Por ahí, la cultura de vanguardia y otras culturas, empresariales o no, en estado más o menos gaseoso, comenzaron a llenar algunos de los huecos que había dejado la liquidación de las ideologías. Los sociólogos se han despachado a gusto sobre el modo en que los ideales colectivos, que un tiempo habían ocupado una parte destacada en la cotidianidad de muchos, iban ahora quedando olvidados, mientras los ciudadanos se concentraban con creciente exclusivismo en los intereses particulares, en el ocio, en la vida privada.

A nosotros nos basta con tomar nota de que hacia el otoño de 1975, y con mas decisión según se fue respirando con más desahogo, también aquí la ideología empezó a ser sustituida como marihuana del pueblo no sólo por el deporte, los viajes y la buena mesa, sino además por las exposiciones, los bellos libros, la ópera, los conciertos... Por el atractivo escaparate, en suma, de una oferta cultural tan variopinta como es viable cuando la riqueza y las conveniencias del mercado se unen a la falta de criterios estéticos tajantes y a la destrucción de la secuencia y la ordenación tradicionales en la percepción de los cambios artísticos. (No quiero darle a este esbozo ningún toque anecdótico entrando en el asunto de la utilización de esa droga blanda por parte del poder, y especialmente de los poderes regionales, en la España de la Constitución).

  —101→  

Así las cosas, si no las masas desmovilizadas, sí amplias capas de los beneficiarios de una educación ahora más extendida y de los damnificados por el desplome de las ideologías prometían ser los consumidores de elección para las literaturas de la posmodernidad. Tanto más, cuanto que los editores estaban descubriendo las posibilidades de someter el libro a los mismos planteamientos comerciales que cualquier otro producto y renovaban las técnicas de producción, los departamentos de promoción y las estrategias de marketing.
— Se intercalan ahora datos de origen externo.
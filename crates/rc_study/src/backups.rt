//! The rules that a backup reaches.

use crate::answers::stored_in;
use crate::counts::more;
use crate::replicas::Replica;
use crate::rules::Rule;
use crate::surveying::Survey;
use rc_types::{Body, Message, ServerId};
use std::alloc::AllocError;

/// A master's segment at a backup.
#[derive(Clone, Copy)]
pub(crate) struct Kept {
    pub(crate) backup: ServerId,
    pub(crate) master: ServerId,
    pub(crate) seg: u16,
}

impl Survey {
    /// A Place, an Append or a Close has come to a backup that runs.
    pub(crate) fn store(&mut self, kept: Kept, body: &Body, answer: &[Message]) {
        let freed = (kept.backup, kept.master, kept.seg);
        if let Some(now) = stored_in(answer) {
            self.stored(kept, body, now);
        } else if self.servers.has_fenced(kept.backup, kept.master) {
            self.at_fence(kept.master, body);
        } else if self.freed.contains(&freed) {
            self.counts.reach(Rule::FreedMark);
        } else {
            self.counts.reach(Rule::AppendWithoutReplica);
        }
    }

    /// It has come to a backup that has fenced the master.
    fn at_fence(&mut self, master: ServerId, body: &Body) {
        more(&mut self.counts.fenced);
        let rule = match body {
            Body::Place { .. } => Rule::FenceDropsPlace,
            Body::Append { .. } => Rule::FenceDropsAppend,
            _ => Rule::FenceDropsClose,
        };
        let is_suspected = self.servers.is_suspected(master);
        self.reach_if(is_suspected, rule);
    }

    /// It was answered that the replica is now so.
    fn stored(&mut self, kept: Kept, body: &Body, now: Replica) {
        match body {
            Body::Place { epoch, closed, .. } => {
                self.reach_if(now.epoch > *epoch, Rule::PlaceBelowEpoch);
                let is_new = now.epoch == *epoch && *epoch > 0;
                let stays_closed = now.closed && !*closed && is_new;
                self.reach_if(stays_closed, Rule::PlaceAtClosedReplica);
            }
            Body::Append {
                offset,
                entries,
                ..
            } => {
                self.reach_if(now.closed, Rule::AppendAtClosedReplica);
                self.reach_if(now.len < *offset, Rule::AppendAboveLength);
                let end = offset.saturating_add(entries.len());
                let segment = self.servers.segment(kept.master, kept.seg);
                let before = segment.and_then(|segment| segment.open_at(kept.backup.index));
                let is_known = before.is_some_and(|before| before.len >= end);
                self.reach_if(is_known, Rule::AppendOfKnownEntries);
            }
            _ => self.reach_if(!now.closed, Rule::CloseAtOtherLength),
        }
    }

    /// A Gather has come to a backup that runs.
    pub(crate) fn gather(&mut self, backup: ServerId, master: ServerId) -> Result<(), AllocError> {
        let again = self.servers.fence(backup, master)?;
        self.reach_if(again, Rule::GatherAgain);
        Ok(())
    }

    /// A Fetch of so many entries has come to a backup that runs.
    pub(crate) fn fetch(&mut self, len: usize, answer: &[Message]) {
        for message in answer {
            if let Body::Data { entries, .. } = &message.body {
                self.reach_if(entries.len() < len, Rule::DataLeavesOut);
            }
        }
    }

    /// A Free has come to a backup that runs.
    pub(crate) fn free(&mut self, kept: Kept) -> Result<(), AllocError> {
        if self.servers.has_fenced(kept.backup, kept.master) {
            self.counts.reach(Rule::FreeAtFence);
            return Ok(());
        }
        self.freed.insert((kept.backup, kept.master, kept.seg))?;
        if let Some(segment) = self.servers.segment_mut(kept.master, kept.seg) {
            segment.lose(kept.backup.index);
        }
        Ok(())
    }

    /// A host is started, and keeps these of its open replicas.
    pub(crate) fn start(&mut self, host: u8, kept: &[(ServerId, u16)]) -> Result<(), AllocError> {
        self.servers.start(host)?;
        let restart = self.servers.keep(host, kept)?;
        self.reach_if(restart.keeps_named, Rule::RestartKeepsNamed);
        self.reach_if(restart.drops_unnamed, Rule::RestartDropsUnnamed);
        self.reach_if(restart.keeps_closed, Rule::RestartKeepsClosed);
        Ok(())
    }
}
Pero esas amplias capas podían ser asimismo lo que ni vanguardistas ni comprometidos ni experimentales habían tenido nunca: lectores, y no únicamente cómplices. No es exageración excesiva decir que en 1970 España criaba una literatura sin público. Ganárselo, unos años después, había de parecer una empresa fascinante también literariamente para un escritor digno del nombre.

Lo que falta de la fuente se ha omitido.